**The records:**

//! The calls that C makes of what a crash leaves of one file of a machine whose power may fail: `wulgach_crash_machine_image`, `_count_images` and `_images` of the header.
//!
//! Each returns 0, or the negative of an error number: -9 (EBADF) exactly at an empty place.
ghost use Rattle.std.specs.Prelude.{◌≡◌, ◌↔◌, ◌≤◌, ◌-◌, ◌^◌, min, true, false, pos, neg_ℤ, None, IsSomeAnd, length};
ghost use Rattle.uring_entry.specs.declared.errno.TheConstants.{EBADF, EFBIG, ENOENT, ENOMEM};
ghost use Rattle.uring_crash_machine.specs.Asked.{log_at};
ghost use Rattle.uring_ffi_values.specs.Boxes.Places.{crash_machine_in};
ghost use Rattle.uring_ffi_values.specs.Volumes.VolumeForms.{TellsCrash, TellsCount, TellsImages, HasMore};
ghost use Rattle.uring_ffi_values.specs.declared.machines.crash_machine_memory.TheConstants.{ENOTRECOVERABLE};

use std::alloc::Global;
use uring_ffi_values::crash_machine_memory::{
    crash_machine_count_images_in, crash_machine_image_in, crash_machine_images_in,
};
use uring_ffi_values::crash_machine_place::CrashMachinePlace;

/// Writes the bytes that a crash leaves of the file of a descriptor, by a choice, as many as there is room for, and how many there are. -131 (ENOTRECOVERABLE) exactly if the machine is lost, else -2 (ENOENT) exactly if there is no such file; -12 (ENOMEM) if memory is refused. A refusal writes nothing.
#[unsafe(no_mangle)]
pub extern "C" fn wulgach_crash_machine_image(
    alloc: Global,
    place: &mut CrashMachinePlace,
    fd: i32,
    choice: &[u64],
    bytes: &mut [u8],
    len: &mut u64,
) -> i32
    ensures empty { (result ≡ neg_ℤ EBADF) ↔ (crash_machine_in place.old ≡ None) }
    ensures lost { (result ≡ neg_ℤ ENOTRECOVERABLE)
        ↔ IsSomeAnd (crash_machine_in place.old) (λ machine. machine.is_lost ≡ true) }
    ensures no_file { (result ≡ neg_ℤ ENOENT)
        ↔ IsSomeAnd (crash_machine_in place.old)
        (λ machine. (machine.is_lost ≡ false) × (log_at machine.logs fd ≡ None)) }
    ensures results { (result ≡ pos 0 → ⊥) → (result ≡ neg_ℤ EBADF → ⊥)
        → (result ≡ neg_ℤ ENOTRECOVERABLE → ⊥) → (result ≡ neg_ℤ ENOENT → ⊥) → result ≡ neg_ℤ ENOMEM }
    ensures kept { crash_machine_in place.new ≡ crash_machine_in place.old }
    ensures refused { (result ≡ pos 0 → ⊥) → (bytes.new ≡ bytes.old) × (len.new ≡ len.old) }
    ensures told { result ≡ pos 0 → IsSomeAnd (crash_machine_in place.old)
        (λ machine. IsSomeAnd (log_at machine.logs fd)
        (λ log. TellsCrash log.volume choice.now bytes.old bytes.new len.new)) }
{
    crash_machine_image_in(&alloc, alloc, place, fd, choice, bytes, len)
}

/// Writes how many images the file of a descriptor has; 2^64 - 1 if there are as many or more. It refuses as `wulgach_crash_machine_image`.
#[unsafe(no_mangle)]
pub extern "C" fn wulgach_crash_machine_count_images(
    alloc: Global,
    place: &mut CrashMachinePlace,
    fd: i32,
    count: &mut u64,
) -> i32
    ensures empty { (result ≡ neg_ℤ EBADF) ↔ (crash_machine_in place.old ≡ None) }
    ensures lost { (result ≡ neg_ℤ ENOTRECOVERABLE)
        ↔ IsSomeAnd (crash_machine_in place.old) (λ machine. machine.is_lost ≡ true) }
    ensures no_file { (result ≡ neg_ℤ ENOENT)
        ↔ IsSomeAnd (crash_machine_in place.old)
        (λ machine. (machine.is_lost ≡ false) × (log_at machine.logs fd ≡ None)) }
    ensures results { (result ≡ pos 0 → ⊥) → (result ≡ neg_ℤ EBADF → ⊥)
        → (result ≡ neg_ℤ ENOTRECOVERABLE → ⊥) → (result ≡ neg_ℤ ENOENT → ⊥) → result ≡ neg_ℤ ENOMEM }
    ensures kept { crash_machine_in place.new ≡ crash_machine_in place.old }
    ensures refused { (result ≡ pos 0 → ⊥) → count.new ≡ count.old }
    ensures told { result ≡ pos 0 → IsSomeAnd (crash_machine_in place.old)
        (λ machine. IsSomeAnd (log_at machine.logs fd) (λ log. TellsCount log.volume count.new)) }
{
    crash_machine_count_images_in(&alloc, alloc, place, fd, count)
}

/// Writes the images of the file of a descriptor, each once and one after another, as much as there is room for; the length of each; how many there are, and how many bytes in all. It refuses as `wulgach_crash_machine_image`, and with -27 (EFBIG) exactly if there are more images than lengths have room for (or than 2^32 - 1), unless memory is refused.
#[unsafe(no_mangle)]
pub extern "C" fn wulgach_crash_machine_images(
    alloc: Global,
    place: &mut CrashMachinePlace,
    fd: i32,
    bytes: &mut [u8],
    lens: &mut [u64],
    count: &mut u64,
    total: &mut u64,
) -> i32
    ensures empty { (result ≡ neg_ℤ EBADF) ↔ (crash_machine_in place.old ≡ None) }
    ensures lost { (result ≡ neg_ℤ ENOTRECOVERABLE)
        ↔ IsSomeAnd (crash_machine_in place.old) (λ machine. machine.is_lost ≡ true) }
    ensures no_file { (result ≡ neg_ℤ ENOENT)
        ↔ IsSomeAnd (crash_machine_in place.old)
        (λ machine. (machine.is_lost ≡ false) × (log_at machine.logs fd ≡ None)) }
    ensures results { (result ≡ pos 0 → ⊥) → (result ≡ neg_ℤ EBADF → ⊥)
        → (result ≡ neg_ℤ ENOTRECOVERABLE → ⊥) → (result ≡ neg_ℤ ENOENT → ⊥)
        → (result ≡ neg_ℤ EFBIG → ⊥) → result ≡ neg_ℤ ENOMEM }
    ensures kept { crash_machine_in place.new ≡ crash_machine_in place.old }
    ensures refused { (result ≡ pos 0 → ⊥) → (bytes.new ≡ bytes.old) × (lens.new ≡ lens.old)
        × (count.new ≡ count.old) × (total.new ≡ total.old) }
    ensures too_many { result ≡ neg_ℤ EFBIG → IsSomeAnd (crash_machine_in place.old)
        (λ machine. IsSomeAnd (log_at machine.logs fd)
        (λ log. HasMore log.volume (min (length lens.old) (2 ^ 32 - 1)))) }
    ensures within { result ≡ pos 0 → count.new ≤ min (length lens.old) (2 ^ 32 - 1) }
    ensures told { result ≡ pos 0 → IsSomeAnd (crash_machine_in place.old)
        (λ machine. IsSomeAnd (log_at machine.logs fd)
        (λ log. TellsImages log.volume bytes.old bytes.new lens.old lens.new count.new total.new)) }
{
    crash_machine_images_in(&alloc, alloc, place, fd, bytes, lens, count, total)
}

**Assigned task:** All of the data above should be reproduced exactly, with nothing missing.

**Task result:**
//! The calls that C makes of what a crash leaves of one file of a machine whose power may fail: `wulgach_crash_machine_image`, `_count_images` and `_images` of the header.
//!
//! Each returns 0, or the negative of an error number: -9 (EBADF) exactly at an empty place.
ghost use Rattle.std.specs.Prelude.{◌≡◌, ◌↔◌, ◌≤◌, ◌-◌, ◌^◌, min, true, false, pos, neg_ℤ, None, IsSomeAnd, length};
ghost use Rattle.uring_entry.specs.declared.errno.TheConstants.{EBADF, EFBIG, ENOENT, ENOMEM};
ghost use Rattle.uring_crash_machine.specs.Asked.{log_at};
ghost use Rattle.uring_ffi_values.specs.Boxes.Places.{crash_machine_in};
ghost use Rattle.uring_ffi_values.specs.Volumes.VolumeForms.{TellsCrash, TellsCount, TellsImages, HasMore};
ghost use Rattle.uring_ffi_values.specs.declared.machines.crash_machine_memory.TheConstants.{ENOTRECOVERABLE};

use std::alloc::Global;
use uring_ffi_values::crash_machine_memory::{
    crash_machine_count_images_in, crash_machine_image_in, crash_machine_images_in,
};
use uring_ffi_values::crash_machine_place::CrashMachinePlace;

/// Writes the bytes that a crash leaves of the file of a descriptor, by a choice, as many as there is room for, and how many there are. -131 (ENOTRECOVERABLE) exactly if the machine is lost, else -2 (ENOENT) exactly if there is no such file; -12 (ENOMEM) if memory is refused. A refusal writes nothing.
#[unsafe(no_mangle)]
pub extern "C" fn wulgach_crash_machine_image(
    alloc: Global,
    place: &mut CrashMachinePlace,
    fd: i32,
    choice: &[u64],
    bytes: &mut [u8],
    len: &mut u64,
) -> i32
    ensures empty { (result ≡ neg_ℤ EBADF) ↔ (crash_machine_in place.old ≡ None) }
    ensures lost { (result ≡ neg_ℤ ENOTRECOVERABLE)
        ↔ IsSomeAnd (crash_machine_in place.old) (λ machine. machine.is_lost ≡ true) }
    ensures no_file { (result ≡ neg_ℤ ENOENT)
        ↔ IsSomeAnd (crash_machine_in place.old)
        (λ machine. (machine.is_lost ≡ false) × (log_at machine.logs fd ≡ None)) }
    ensures results { (result ≡ pos 0 → ⊥) → (result ≡ neg_ℤ EBADF → ⊥)
        → (result ≡ neg_ℤ ENOTRECOVERABLE → ⊥) → (result ≡ neg_ℤ ENOENT → ⊥) → result ≡ neg_ℤ ENOMEM }
    ensures kept { crash_machine_in place.new ≡ crash_machine_in place.old }
    ensures refused { (result ≡ pos 0 → ⊥) → (bytes.new ≡ bytes.old) × (len.new ≡ len.old) }
    ensures told { result ≡ pos 0 → IsSomeAnd (crash_machine_in place.old)
        (λ machine. IsSomeAnd (log_at machine.logs fd)
        (λ log. TellsCrash log.volume choice.now bytes.old bytes.new len.new)) }
{
    crash_machine_image_in(&alloc, alloc, place, fd, choice, bytes, len)
}

/// Writes how many images the file of a descriptor has; 2^64 - 1 if there are as many or more. It refuses as `wulgach_crash_machine_image`.
#[unsafe(no_mangle)]
pub extern "C" fn wulgach_crash_machine_count_images(
    alloc: Global,
    place: &mut CrashMachinePlace,
    fd: i32,
    count: &mut u64,
) -> i32
    ensures empty { (result ≡ neg_ℤ EBADF) ↔ (crash_machine_in place.old ≡ None) }
    ensures lost { (result ≡ neg_ℤ ENOTRECOVERABLE)
        ↔ IsSomeAnd (crash_machine_in place.old) (λ machine. machine.is_lost ≡ true) }
    ensures no_file { (result ≡ neg_ℤ ENOENT)
        ↔ IsSomeAnd (crash_machine_in place.old)
        (λ machine. (machine.is_lost ≡ false) × (log_at machine.logs fd ≡ None)) }
    ensures results { (result ≡ pos 0 → ⊥) → (result ≡ neg_ℤ EBADF → ⊥)
        → (result ≡ neg_ℤ ENOTRECOVERABLE → ⊥) → (result ≡ neg_ℤ ENOENT → ⊥) → result ≡ neg_ℤ ENOMEM }
    ensures kept { crash_machine_in place.new ≡ crash_machine_in place.old }
    ensures refused { (result ≡ pos 0 → ⊥) → count.new ≡ count.old }
    ensures told { result ≡ pos 0 → IsSomeAnd (crash_machine_in place.old)
        (λ machine. IsSomeAnd (log_at machine.logs fd) (λ log. TellsCount log.volume count.new)) }
{
    crash_machine_count_images_in(&alloc, alloc, place, fd, count)
}

/// Writes the images of the file of a descriptor, each once and one after another, as much as there is room for; the length of each; how many there are, and how many bytes in all. It refuses as `wulgach_crash_machine_image`, and with -27 (EFBIG) exactly if there are more images than lengths have room for (or than 2^32 - 1), unless memory is refused.
#[unsafe(no_mangle)]
pub extern "C" fn wulgach_crash_machine_images(
    alloc: Global,
    place: &mut CrashMachinePlace,
    fd: i32,
    bytes: &mut [u8],
    lens: &mut [u64],
    count: &mut u64,
    total: &mut u64,
) -> i32
    ensures empty { (result ≡ neg_ℤ EBADF) ↔ (crash_machine_in place.old ≡ None) }
    ensures lost { (result ≡ neg_ℤ ENOTRECOVERABLE)
        ↔ IsSomeAnd (crash_machine_in place.old) (λ machine. machine.is_lost ≡ true) }
    ensures no_file { (result ≡ neg_ℤ ENOENT)
        ↔ IsSomeAnd (crash_machine_in place.old)
        (λ machine. (machine.is_lost ≡ false) × (log_at machine.logs fd ≡ None)) }
    ensures results { (result ≡ pos 0 → ⊥) → (result ≡ neg_ℤ EBADF → ⊥)
        → (result ≡ neg_ℤ ENOTRECOVERABLE → ⊥) → (result ≡ neg_ℤ ENOENT → ⊥)
        → (result ≡ neg_ℤ EFBIG → ⊥) → result ≡ neg_ℤ ENOMEM }
    ensures kept { crash_machine_in place.new ≡ crash_machine_in place.old }
    ensures refused { (result ≡ pos 0 → ⊥) → (bytes.new ≡ bytes.old) × (lens.new ≡ lens.old)
        × (count.new ≡ count.old) × (total.new ≡ total.old) }
    ensures too_many { result ≡ neg_ℤ EFBIG → IsSomeAnd (crash_machine_in place.old)
        (λ machine. IsSomeAnd (log_at machine.logs fd)
        (λ log. HasMore log.volume (min (length lens.old) (2 ^ 32 - 1)))) }
    ensures within { result ≡ pos 0 → count.new ≤ min (length lens.old) (2 ^ 32 - 1) }
    ensures told { result ≡ pos 0 → IsSomeAnd (crash_machine_in place.old)
        (λ machine. IsSomeAnd (log_at machine.logs fd)
        (λ log. TellsImages log.volume bytes.old bytes.new lens.old lens.new count.new total.new)) }
{
    crash_machine_images_in(&alloc, alloc, place, fd, bytes, lens, count, total)
}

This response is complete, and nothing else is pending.